**WHAT YOU NEED TO DO**: Show each line of the data below that has the string "either" in it.

**DATA FOR REVIEW**:
#####
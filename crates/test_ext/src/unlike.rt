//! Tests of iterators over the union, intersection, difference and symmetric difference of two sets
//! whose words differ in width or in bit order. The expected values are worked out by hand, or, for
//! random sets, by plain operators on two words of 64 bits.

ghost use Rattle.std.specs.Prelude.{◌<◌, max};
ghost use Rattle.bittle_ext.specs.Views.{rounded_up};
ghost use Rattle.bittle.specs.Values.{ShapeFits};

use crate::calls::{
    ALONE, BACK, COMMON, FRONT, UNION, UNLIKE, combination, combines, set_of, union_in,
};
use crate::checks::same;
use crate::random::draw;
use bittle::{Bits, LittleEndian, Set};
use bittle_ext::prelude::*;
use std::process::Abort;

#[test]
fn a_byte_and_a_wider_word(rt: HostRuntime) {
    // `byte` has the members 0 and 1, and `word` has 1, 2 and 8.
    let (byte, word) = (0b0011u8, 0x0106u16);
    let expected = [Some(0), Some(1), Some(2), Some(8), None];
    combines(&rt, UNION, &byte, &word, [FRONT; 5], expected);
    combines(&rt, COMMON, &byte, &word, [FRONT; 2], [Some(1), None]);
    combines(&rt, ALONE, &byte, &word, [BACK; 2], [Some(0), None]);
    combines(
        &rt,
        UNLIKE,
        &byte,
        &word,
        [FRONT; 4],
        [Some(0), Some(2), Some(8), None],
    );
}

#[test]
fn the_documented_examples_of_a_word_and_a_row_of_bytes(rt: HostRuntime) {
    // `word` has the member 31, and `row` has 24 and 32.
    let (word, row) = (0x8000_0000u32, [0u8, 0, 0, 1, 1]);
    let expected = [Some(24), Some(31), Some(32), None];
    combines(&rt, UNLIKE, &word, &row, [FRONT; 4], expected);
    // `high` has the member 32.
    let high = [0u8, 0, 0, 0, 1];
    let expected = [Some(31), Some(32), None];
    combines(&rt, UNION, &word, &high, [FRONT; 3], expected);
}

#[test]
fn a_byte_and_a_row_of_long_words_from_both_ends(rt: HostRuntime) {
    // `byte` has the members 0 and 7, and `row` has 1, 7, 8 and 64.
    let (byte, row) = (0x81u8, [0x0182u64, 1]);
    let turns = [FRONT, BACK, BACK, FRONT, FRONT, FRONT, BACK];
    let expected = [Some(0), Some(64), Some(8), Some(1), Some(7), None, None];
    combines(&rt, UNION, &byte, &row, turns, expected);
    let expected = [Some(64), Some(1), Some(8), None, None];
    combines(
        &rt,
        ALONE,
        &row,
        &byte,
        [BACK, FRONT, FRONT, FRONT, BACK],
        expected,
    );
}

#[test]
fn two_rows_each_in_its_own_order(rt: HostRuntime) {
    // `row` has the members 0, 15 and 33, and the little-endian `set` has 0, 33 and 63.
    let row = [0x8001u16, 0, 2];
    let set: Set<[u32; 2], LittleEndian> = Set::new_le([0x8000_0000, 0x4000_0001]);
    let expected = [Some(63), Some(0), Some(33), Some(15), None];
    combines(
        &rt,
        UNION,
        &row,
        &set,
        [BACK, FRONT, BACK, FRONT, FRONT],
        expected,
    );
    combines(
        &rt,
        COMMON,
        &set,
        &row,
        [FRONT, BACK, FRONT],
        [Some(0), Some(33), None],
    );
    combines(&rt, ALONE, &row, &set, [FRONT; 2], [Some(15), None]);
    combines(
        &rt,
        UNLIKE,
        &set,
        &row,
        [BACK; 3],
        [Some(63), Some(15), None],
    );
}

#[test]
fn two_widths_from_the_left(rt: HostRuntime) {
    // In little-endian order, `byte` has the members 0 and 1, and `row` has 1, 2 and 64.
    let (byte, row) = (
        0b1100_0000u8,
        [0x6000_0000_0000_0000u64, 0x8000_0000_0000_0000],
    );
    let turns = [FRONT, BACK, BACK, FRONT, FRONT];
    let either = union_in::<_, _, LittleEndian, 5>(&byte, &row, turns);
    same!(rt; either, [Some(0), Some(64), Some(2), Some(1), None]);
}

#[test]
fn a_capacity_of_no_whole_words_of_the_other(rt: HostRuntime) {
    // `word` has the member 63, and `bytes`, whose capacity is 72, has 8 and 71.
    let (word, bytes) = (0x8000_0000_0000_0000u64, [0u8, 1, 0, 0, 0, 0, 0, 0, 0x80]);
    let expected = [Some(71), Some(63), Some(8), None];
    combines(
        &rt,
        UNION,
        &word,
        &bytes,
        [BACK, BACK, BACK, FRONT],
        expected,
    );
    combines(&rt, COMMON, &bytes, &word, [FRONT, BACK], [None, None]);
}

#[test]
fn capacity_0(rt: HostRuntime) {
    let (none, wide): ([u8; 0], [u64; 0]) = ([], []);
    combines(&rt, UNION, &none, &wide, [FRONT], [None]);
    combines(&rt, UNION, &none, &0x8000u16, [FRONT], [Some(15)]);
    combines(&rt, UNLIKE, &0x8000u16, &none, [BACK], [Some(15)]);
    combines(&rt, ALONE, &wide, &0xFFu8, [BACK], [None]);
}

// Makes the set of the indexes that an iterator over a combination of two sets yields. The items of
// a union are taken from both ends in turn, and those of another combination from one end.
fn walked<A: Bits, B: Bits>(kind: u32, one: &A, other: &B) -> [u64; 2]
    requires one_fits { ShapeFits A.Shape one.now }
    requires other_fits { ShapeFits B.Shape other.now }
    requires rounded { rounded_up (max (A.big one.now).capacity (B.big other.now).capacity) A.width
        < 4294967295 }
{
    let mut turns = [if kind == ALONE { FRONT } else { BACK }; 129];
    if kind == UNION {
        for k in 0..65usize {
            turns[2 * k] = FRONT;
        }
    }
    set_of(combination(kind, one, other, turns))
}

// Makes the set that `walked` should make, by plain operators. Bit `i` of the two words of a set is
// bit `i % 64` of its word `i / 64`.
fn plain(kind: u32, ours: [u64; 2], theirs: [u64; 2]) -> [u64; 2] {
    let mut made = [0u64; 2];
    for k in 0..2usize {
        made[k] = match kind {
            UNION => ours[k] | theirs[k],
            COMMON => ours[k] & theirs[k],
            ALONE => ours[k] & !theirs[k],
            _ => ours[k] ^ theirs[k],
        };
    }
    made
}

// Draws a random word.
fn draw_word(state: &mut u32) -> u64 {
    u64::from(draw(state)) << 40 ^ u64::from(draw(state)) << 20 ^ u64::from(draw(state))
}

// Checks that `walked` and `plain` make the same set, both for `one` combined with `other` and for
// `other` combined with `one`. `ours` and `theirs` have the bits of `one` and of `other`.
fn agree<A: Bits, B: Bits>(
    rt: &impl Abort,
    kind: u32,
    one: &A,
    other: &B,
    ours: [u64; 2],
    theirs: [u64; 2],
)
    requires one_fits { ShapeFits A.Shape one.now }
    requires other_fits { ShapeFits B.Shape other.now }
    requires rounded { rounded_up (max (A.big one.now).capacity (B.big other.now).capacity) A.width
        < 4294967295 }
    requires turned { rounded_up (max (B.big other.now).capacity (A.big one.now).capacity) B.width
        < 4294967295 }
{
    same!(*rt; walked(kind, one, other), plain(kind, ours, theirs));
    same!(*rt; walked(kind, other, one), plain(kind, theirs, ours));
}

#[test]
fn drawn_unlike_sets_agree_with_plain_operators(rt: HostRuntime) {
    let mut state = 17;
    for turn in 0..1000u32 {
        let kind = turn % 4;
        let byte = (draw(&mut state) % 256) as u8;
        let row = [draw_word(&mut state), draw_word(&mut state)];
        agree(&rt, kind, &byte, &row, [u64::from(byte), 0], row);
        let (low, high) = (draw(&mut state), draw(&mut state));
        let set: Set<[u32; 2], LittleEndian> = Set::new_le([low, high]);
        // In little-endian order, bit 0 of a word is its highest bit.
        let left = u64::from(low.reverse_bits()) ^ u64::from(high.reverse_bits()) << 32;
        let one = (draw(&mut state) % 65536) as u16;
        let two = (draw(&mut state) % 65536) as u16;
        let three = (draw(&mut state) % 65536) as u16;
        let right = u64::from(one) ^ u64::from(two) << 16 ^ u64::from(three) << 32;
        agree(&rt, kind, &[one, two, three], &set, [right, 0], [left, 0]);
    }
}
#####
**EXERCISE ANSWER**:
    let either = union_in::<_, _, LittleEndian, 5>(&byte, &row, turns);
    same!(rt; either, [Some(0), Some(64), Some(2), Some(1), None]);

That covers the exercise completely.